---------- RECORDS ----------

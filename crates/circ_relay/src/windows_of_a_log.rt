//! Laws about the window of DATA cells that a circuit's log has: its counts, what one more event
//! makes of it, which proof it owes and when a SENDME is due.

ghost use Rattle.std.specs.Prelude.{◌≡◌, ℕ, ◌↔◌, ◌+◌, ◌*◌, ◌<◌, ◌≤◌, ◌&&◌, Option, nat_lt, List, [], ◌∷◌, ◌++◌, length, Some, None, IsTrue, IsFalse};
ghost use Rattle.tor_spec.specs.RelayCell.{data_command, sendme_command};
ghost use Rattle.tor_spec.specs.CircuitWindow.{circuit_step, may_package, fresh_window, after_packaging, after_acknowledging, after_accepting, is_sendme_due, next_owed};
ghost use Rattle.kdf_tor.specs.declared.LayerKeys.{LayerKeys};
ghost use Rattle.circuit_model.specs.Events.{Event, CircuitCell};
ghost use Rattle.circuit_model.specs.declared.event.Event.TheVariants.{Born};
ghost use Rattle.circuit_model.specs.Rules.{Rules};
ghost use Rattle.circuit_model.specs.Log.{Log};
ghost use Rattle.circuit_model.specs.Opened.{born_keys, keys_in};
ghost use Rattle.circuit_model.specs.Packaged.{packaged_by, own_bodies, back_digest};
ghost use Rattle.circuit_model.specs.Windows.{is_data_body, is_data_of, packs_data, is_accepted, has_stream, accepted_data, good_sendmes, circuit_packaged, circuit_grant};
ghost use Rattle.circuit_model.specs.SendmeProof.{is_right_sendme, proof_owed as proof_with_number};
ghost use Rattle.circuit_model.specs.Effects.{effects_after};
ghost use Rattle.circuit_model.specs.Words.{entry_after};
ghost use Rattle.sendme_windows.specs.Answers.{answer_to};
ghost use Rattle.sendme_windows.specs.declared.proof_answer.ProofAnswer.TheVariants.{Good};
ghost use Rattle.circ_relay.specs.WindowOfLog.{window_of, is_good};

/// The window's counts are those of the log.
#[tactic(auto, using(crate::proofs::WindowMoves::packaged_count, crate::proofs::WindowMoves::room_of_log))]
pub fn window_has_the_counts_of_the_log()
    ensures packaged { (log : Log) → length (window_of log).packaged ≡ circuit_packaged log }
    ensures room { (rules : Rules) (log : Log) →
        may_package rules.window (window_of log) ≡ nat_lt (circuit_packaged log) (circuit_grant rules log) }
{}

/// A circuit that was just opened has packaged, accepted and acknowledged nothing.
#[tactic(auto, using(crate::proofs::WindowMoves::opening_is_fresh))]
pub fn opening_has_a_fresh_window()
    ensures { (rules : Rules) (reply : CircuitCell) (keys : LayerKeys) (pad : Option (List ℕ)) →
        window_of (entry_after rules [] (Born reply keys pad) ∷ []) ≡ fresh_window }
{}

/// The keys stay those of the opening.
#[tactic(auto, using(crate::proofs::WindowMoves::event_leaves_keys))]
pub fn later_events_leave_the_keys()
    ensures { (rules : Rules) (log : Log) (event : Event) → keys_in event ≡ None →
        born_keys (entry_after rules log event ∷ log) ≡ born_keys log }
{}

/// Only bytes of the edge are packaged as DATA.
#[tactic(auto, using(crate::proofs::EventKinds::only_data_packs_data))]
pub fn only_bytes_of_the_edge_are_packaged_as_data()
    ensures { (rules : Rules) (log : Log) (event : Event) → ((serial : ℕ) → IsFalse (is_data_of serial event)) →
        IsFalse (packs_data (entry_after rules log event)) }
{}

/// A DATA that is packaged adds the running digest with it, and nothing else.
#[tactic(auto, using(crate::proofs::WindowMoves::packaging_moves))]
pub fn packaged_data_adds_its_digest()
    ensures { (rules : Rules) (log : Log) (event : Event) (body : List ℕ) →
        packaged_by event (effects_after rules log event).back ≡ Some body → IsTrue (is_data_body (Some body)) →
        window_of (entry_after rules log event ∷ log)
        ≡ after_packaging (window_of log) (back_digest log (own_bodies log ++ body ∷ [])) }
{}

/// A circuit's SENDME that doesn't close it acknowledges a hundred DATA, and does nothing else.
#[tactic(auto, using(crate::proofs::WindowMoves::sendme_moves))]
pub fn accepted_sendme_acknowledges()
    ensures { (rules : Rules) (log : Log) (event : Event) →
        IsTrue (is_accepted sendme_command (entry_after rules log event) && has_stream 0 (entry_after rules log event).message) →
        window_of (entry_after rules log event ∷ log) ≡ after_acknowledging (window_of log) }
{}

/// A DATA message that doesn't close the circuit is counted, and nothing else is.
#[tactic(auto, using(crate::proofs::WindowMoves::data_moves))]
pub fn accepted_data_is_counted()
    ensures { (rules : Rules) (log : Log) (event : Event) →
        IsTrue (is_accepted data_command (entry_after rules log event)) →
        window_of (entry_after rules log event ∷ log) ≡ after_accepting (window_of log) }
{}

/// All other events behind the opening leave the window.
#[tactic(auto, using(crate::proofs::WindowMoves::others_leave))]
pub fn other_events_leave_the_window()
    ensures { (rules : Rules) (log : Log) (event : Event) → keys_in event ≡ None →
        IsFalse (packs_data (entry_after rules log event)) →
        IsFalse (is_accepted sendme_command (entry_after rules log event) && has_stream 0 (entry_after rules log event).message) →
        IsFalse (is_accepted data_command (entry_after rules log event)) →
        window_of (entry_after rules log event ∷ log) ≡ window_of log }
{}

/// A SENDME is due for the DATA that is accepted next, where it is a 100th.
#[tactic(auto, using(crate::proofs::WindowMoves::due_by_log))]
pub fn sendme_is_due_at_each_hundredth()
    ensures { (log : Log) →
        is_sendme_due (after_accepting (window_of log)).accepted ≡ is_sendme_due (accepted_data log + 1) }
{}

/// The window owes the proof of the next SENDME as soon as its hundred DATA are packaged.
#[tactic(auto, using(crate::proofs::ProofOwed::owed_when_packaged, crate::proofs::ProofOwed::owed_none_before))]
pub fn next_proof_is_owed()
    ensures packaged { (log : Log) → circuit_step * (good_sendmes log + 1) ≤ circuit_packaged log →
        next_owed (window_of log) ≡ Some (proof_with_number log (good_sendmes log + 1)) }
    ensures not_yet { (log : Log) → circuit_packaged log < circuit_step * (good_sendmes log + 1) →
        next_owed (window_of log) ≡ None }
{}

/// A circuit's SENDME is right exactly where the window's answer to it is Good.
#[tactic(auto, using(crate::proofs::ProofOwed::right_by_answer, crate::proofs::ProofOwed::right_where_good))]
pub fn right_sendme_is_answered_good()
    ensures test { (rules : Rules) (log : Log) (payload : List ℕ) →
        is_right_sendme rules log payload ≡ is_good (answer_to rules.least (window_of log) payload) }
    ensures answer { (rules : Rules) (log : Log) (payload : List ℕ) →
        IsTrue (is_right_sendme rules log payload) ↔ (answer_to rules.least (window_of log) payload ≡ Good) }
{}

----------

All of the entries need to be reproduced exactly; please write them out.

filename crates/circ_relay/src/windows_of_a_log.rt
//! Laws about the window of DATA cells that a circuit's log has: its counts, what one more event
//! makes of it, which proof it owes and when a SENDME is due.

ghost use Rattle.std.specs.Prelude.{◌≡◌, ℕ, ◌↔◌, ◌+◌, ◌*◌, ◌<◌, ◌≤◌, ◌&&◌, Option, nat_lt, List, [], ◌∷◌, ◌++◌, length, Some, None, IsTrue, IsFalse};
ghost use Rattle.tor_spec.specs.RelayCell.{data_command, sendme_command};
ghost use Rattle.tor_spec.specs.CircuitWindow.{circuit_step, may_package, fresh_window, after_packaging, after_acknowledging, after_accepting, is_sendme_due, next_owed};
ghost use Rattle.kdf_tor.specs.declared.LayerKeys.{LayerKeys};
ghost use Rattle.circuit_model.specs.Events.{Event, CircuitCell};
ghost use Rattle.circuit_model.specs.declared.event.Event.TheVariants.{Born};
ghost use Rattle.circuit_model.specs.Rules.{Rules};
ghost use Rattle.circuit_model.specs.Log.{Log};
ghost use Rattle.circuit_model.specs.Opened.{born_keys, keys_in};
ghost use Rattle.circuit_model.specs.Packaged.{packaged_by, own_bodies, back_digest};
ghost use Rattle.circuit_model.specs.Windows.{is_data_body, is_data_of, packs_data, is_accepted, has_stream, accepted_data, good_sendmes, circuit_packaged, circuit_grant};
ghost use Rattle.circuit_model.specs.SendmeProof.{is_right_sendme, proof_owed as proof_with_number};
ghost use Rattle.circuit_model.specs.Effects.{effects_after};
ghost use Rattle.circuit_model.specs.Words.{entry_after};
ghost use Rattle.sendme_windows.specs.Answers.{answer_to};
ghost use Rattle.sendme_windows.specs.declared.proof_answer.ProofAnswer.TheVariants.{Good};
ghost use Rattle.circ_relay.specs.WindowOfLog.{window_of, is_good};

/// The window's counts are those of the log.
#[tactic(auto, using(crate::proofs::WindowMoves::packaged_count, crate::proofs::WindowMoves::room_of_log))]
pub fn window_has_the_counts_of_the_log()
    ensures packaged { (log : Log) → length (window_of log).packaged ≡ circuit_packaged log }
    ensures room { (rules : Rules) (log : Log) →
        may_package rules.window (window_of log) ≡ nat_lt (circuit_packaged log) (circuit_grant rules log) }
{}

/// A circuit that was just opened has packaged, accepted and acknowledged nothing.
#[tactic(auto, using(crate::proofs::WindowMoves::opening_is_fresh))]
pub fn opening_has_a_fresh_window()
    ensures { (rules : Rules) (reply : CircuitCell) (keys : LayerKeys) (pad : Option (List ℕ)) →
        window_of (entry_after rules [] (Born reply keys pad) ∷ []) ≡ fresh_window }
{}

/// The keys stay those of the opening.
#[tactic(auto, using(crate::proofs::WindowMoves::event_leaves_keys))]
pub fn later_events_leave_the_keys()
    ensures { (rules : Rules) (log : Log) (event : Event) → keys_in event ≡ None →
        born_keys (entry_after rules log event ∷ log) ≡ born_keys log }
{}

/// Only bytes of the edge are packaged as DATA.
#[tactic(auto, using(crate::proofs::EventKinds::only_data_packs_data))]
pub fn only_bytes_of_the_edge_are_packaged_as_data()
    ensures { (rules : Rules) (log : Log) (event : Event) → ((serial : ℕ) → IsFalse (is_data_of serial event)) →
        IsFalse (packs_data (entry_after rules log event)) }
{}

/// A DATA that is packaged adds the running digest with it, and nothing else.
#[tactic(auto, using(crate::proofs::WindowMoves::packaging_moves))]
pub fn packaged_data_adds_its_digest()
    ensures { (rules : Rules) (log : Log) (event : Event) (body : List ℕ) →
        packaged_by event (effects_after rules log event).back ≡ Some body → IsTrue (is_data_body (Some body)) →
        window_of (entry_after rules log event ∷ log)
        ≡ after_packaging (window_of log) (back_digest log (own_bodies log ++ body ∷ [])) }
{}

/// A circuit's SENDME that doesn't close it acknowledges a hundred DATA, and does nothing else.
#[tactic(auto, using(crate::proofs::WindowMoves::sendme_moves))]
pub fn accepted_sendme_acknowledges()
    ensures { (rules : Rules) (log : Log) (event : Event) →
        IsTrue (is_accepted sendme_command (entry_after rules log event) && has_stream 0 (entry_after rules log event).message) →
        window_of (entry_after rules log event ∷ log) ≡ after_acknowledging (window_of log) }
{}

/// A DATA message that doesn't close the circuit is counted, and nothing else is.
#[tactic(auto, using(crate::proofs::WindowMoves::data_moves))]
pub fn accepted_data_is_counted()
    ensures { (rules : Rules) (log : Log) (event : Event) →
        IsTrue (is_accepted data_command (entry_after rules log event)) →
        window_of (entry_after rules log event ∷ log) ≡ after_accepting (window_of log) }
{}

/// All other events behind the opening leave the window.
#[tactic(auto, using(crate::proofs::WindowMoves::others_leave))]
pub fn other_events_leave_the_window()
    ensures { (rules : Rules) (log : Log) (event : Event) → keys_in event ≡ None →
        IsFalse (packs_data (entry_after rules log event)) →
        IsFalse (is_accepted sendme_command (entry_after rules log event) && has_stream 0 (entry_after rules log event).message) →
        IsFalse (is_accepted data_command (entry_after rules log event)) →
        window_of (entry_after rules log event ∷ log) ≡ window_of log }
{}

/// A SENDME is due for the DATA that is accepted next, where it is a 100th.
#[tactic(auto, using(crate::proofs::WindowMoves::due_by_log))]
pub fn sendme_is_due_at_each_hundredth()
    ensures { (log : Log) →
        is_sendme_due (after_accepting (window_of log)).accepted ≡ is_sendme_due (accepted_data log + 1) }
{}

/// The window owes the proof of the next SENDME as soon as its hundred DATA are packaged.
#[tactic(auto, using(crate::proofs::ProofOwed::owed_when_packaged, crate::proofs::ProofOwed::owed_none_before))]
pub fn next_proof_is_owed()
    ensures packaged { (log : Log) → circuit_step * (good_sendmes log + 1) ≤ circuit_packaged log →
        next_owed (window_of log) ≡ Some (proof_with_number log (good_sendmes log + 1)) }
    ensures not_yet { (log : Log) → circuit_packaged log < circuit_step * (good_sendmes log + 1) →
        next_owed (window_of log) ≡ None }
{}

/// A circuit's SENDME is right exactly where the window's answer to it is Good.
#[tactic(auto, using(crate::proofs::ProofOwed::right_by_answer, crate::proofs::ProofOwed::right_where_good))]
pub fn right_sendme_is_answered_good()
    ensures test { (rules : Rules) (log : Log) (payload : List ℕ) →
        is_right_sendme rules log payload ≡ is_good (answer_to rules.least (window_of log) payload) }
    ensures answer { (rules : Rules) (log : Log) (payload : List ℕ) →
        IsTrue (is_right_sendme rules log payload) ↔ (answer_to rules.least (window_of log) payload ≡ Good) }
{}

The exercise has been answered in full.